Em “A Multitude of Angels” (a caixa que reunia
concertos seus de outubro de 1996, a solo, em Módena, Ferrara, Turim e Génova) praticamente ensaiava um dueto
com Annie Lennox: “O que me levou a seguir por diante e completar o meu
destino? Os anjos, que incluíam tudo à minha volta: as plateias, os pianos, a
doença, o DAT, o meu manager, a minha
mulher”, explicava, enquanto em seu redor se parecia ouvir os Eurythmics e “It’s
an orchestra of angels/ And they’re playing with my heart”. Agora, presta-se
atenção a este “After the Fall” e o que vem à memória é a canção homónima dos
Journey a servir de banda sonora às desilusões de Tom Cruise em “Negócio Arriscado”

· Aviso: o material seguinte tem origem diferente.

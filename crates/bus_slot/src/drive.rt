// A read at one slot: whether the slot drives a byte, which, and what it does then.
#![tactic(auto, unfolding(crate::proofs::Open::drive), using(rules::proofs::Run::Cases::read_next))]

ghost use Rattle.std.specs.Prelude.{◌≡◌, ◌/◌, ◌%◌, get_or};
ghost use Rattle.rules.specs.Modelled.{address_of};
ghost use Rattle.rules.specs.Memory.{fetched};
ghost use Rattle.rules.specs.Slot.{lost, read_in};
ghost use Rattle.bus_slot.specs.ReadOut.{read_out};

use super::{leaving, memory, phase};
use rules::{Phase, Slot};

// A slot after a read, and the byte that it drives, if it drives one.
#[derive(Clone, Copy)]
pub struct Drive {
    pub slot: Slot,
    pub byte: Option<u8>,
}

fn silent(slot: Slot) -> Drive
    ensures { result ≡ record { slot = slot; byte = None } }
{
    Drive { slot, byte: None }
}

// Kept: three functions for a driven byte: which byte it is, and where the slot then stands, is another in each; what they share is the struct.
// A memory read's byte.
fn memory_byte(s: Slot, part: &[u8], more: bool) -> Drive
    ensures { result ≡ record { slot = fetched more s; byte = Some (get_or part.now (address_of s).0 0) } }
{
    Drive {
        slot: memory::fetched(more, s),
        byte: Some(memory::byte_at(s, part)),
    }
}

// A sensor read's high byte; the low byte follows if the master acknowledges.
fn high_byte(s: Slot, more: bool) -> Drive
    ensures { result ≡ record { slot = read_in Phase.SensorReadHigh more s; byte = Some (s.sensor.word / 256) } }
{
    let [high, _] = s.sensor.word.to_be_bytes();
    let slot = if more {
        phase::in_phase(Phase::SensorReadLow, s)
    } else {
        leaving::lost(Phase::SensorReadHigh, s)
    };
    Drive {
        slot,
        byte: Some(high),
    }
}

// A sensor read's low byte; nothing more is driven.
fn low_byte(s: Slot) -> Drive
    ensures { result ≡ record { slot = lost Phase.SensorReadLow s; byte = Some (s.sensor.word % 256) } }
{
    let [_, low] = s.sensor.word.to_be_bytes();
    Drive {
        slot: leaving::lost(Phase::SensorReadLow, s),
        byte: Some(low),
    }
}

// A read; part is the slot's own 512 bytes, and more says that the master then acknowledges.
pub fn read(s: Slot, part: &[u8], more: bool) -> Drive
    ensures { result ≡ read_out more part.now s }
{
    let phase = phase::standing(s);
    // Kept: an arm for each phase, as phase::traits says.
    match phase {
        Phase::Idle | Phase::Deaf => silent(s),
        Phase::Control => silent(phase::in_phase(Phase::Deaf, s)),
        Phase::MemoryRead => memory_byte(s, part, more),
        Phase::SensorReadHigh => high_byte(s, more),
        Phase::SensorReadLow => low_byte(s),
        Phase::MemoryCounter
        | Phase::MemoryData
        | Phase::HalfSelected
        | Phase::CommandAddress
        | Phase::CommandData
        | Phase::CommandStop
        | Phase::SensorPointer
        | Phase::SensorHigh
        | Phase::SensorLow => silent(leaving::lost(phase, s)),
    }
}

quando, afinal, a vida dá mostras de não lhe vir a correr como o esperado e,
numa retórica descida aos infernos, ele se refugia na cave de sua casa e se põe
a brincar tristemente com o modelito ferroviário de quando era pequeno – claro
está, imediatamente antes de Rebecca De Mornay o conduzir ao paraíso a bordo de
um comboio a sério. Keith Jarrett não gera mais empatia do que isto.
Conta,
agora, em notas de apresentação: “Durante dois anos (do outono [Fall, em
inglês] de 1996 ao de 1998) padeci da Síndrome da Fadiga Crónica e não pude
tocar piano em público. ‘A Multitude of Angels’ contém a última música que fiz
antes de bater no fundo.” Pois então “After the Fall” regista a primeira que
fez quando se começou a sentir capaz de sair do buraco. Gravada ao vivo a 14 de
novembro de 1998, trata-se de uma sessão de fisioterapia num Reality show dedicado à crónica da vida
privada de um pianista de jazz. Dias antes, ao “The New York Times” de 8 de
novembro, dizia: “Estou numa fase algo imprevisível da minha recuperação. E
esta data em Newark vai ser a experiência mais arriscada de sempre [deste trio]”.
Mas Jarrett faz com os standards o
que Escher fazia com as figuras de “Relatividade”: coloca-os num espaço em que
as leis naturais não se aplicam, que é para que nem os que ficam de cabeça para
baixo se sujeitem a cair.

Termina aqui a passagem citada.